**MATERIAL FOR THE TASK**

--------------------

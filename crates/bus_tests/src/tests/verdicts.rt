//! What the plain reader has to say of a play.

use crate::tests::plays::Bus;
use crate::tests::reading::{Reading, add};
use cbm_iec::*;
use std::alloc::Global;
use std::process::Abort;

pub fn own_acts(rt: &impl Abort, alloc: Global, acts: &[(u8, Act)], device: u8) -> Vec<Act> {
    let mut own = Vec::new(alloc);
    for (other, act) in acts {
        if *other == device {
            add(rt, &mut own, *act);
        }
    }
    own
}

/// Whether a drive was told the same in two lists of acts.
pub fn is_told(
    rt: &impl Abort,
    alloc: Global,
    told: &[(u8, Act)],
    counted: &[(u8, Act)],
    device: u8,
) -> bool {
    let told = own_acts(rt, alloc, told, device);
    let counted = own_acts(rt, alloc, counted, device);
    told.as_slice() == counted.as_slice()
}

/// Whether each drive was told what counts in a reading.
fn are_told(rt: &impl Abort, alloc: Global, bus: &Bus, reading: &Reading) -> bool {
    let mut all = true;
    for port in &bus.ports {
        let device = port.party.device;
        all = is_told(rt, alloc, &bus.heard, &reading.acts, device) && all;
    }
    all
}

/// Whether the host keeps the timing: the trace begins a session and isn't late, and each drive was told what counts in
/// it.
fn is_kept(rt: &impl Abort, alloc: Global, bus: &Bus, end: u64) -> bool {
    let judge = bus.judge(rt, alloc, end);
    let mut all = judge.keeps && judge.begins() && !judge.late;
    for reading in &judge.readings {
        all = are_told(rt, alloc, bus, reading) && all;
    }
    all
}

fn is_broken(rt: &impl Abort, alloc: Global, bus: &Bus, end: u64) -> bool {
    !bus.judge(rt, alloc, end).keeps
}

pub fn keeps(rt: &impl Abort, alloc: Global, bus: &Bus, end: u64, what: &str, seed: u64) {
    let is_kept = is_kept(rt, alloc, bus, end);
    assert!(rt; is_kept, "{what} {seed}: the host keeps the timing");
}

/// The host breaks the timing.
pub fn breaks(rt: &impl Abort, alloc: Global, bus: &Bus, end: u64, what: &str, seed: u64) {
    let is_broken = is_broken(rt, alloc, bus, end);
    assert!(rt; is_broken, "{what} {seed}: the host breaks the timing");
}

--------------------

The full set of records is to be written out once more, word for word.

**RESPONSE TO THE EXERCISE**
filename crates/bus_tests/src/tests/verdicts.rt
//! What the plain reader has to say of a play.

use crate::tests::plays::Bus;
use crate::tests::reading::{Reading, add};
use cbm_iec::*;
use std::alloc::Global;
use std::process::Abort;

pub fn own_acts(rt: &impl Abort, alloc: Global, acts: &[(u8, Act)], device: u8) -> Vec<Act> {
    let mut own = Vec::new(alloc);
    for (other, act) in acts {
        if *other == device {
            add(rt, &mut own, *act);
        }
    }
    own
}

/// Whether a drive was told the same in two lists of acts.
pub fn is_told(
    rt: &impl Abort,
    alloc: Global,
    told: &[(u8, Act)],
    counted: &[(u8, Act)],
    device: u8,
) -> bool {
    let told = own_acts(rt, alloc, told, device);
    let counted = own_acts(rt, alloc, counted, device);
    told.as_slice() == counted.as_slice()
}

/// Whether each drive was told what counts in a reading.
fn are_told(rt: &impl Abort, alloc: Global, bus: &Bus, reading: &Reading) -> bool {
    let mut all = true;
    for port in &bus.ports {
        let device = port.party.device;
        all = is_told(rt, alloc, &bus.heard, &reading.acts, device) && all;
    }
    all
}

/// Whether the host keeps the timing: the trace begins a session and isn't late, and each drive was told what counts in
/// it.
fn is_kept(rt: &impl Abort, alloc: Global, bus: &Bus, end: u64) -> bool {
    let judge = bus.judge(rt, alloc, end);
    let mut all = judge.keeps && judge.begins() && !judge.late;
    for reading in &judge.readings {
        all = are_told(rt, alloc, bus, reading) && all;
    }
    all
}

fn is_broken(rt: &impl Abort, alloc: Global, bus: &Bus, end: u64) -> bool {
    !bus.judge(rt, alloc, end).keeps
}

pub fn keeps(rt: &impl Abort, alloc: Global, bus: &Bus, end: u64, what: &str, seed: u64) {
    let is_kept = is_kept(rt, alloc, bus, end);
    assert!(rt; is_kept, "{what} {seed}: the host keeps the timing");
}

/// The host breaks the timing.
pub fn breaks(rt: &impl Abort, alloc: Global, bus: &Bus, end: u64, what: &str, seed: u64) {
    let is_broken = is_broken(rt, alloc, bus, end);
    assert!(rt; is_broken, "{what} {seed}: the host breaks the timing");
}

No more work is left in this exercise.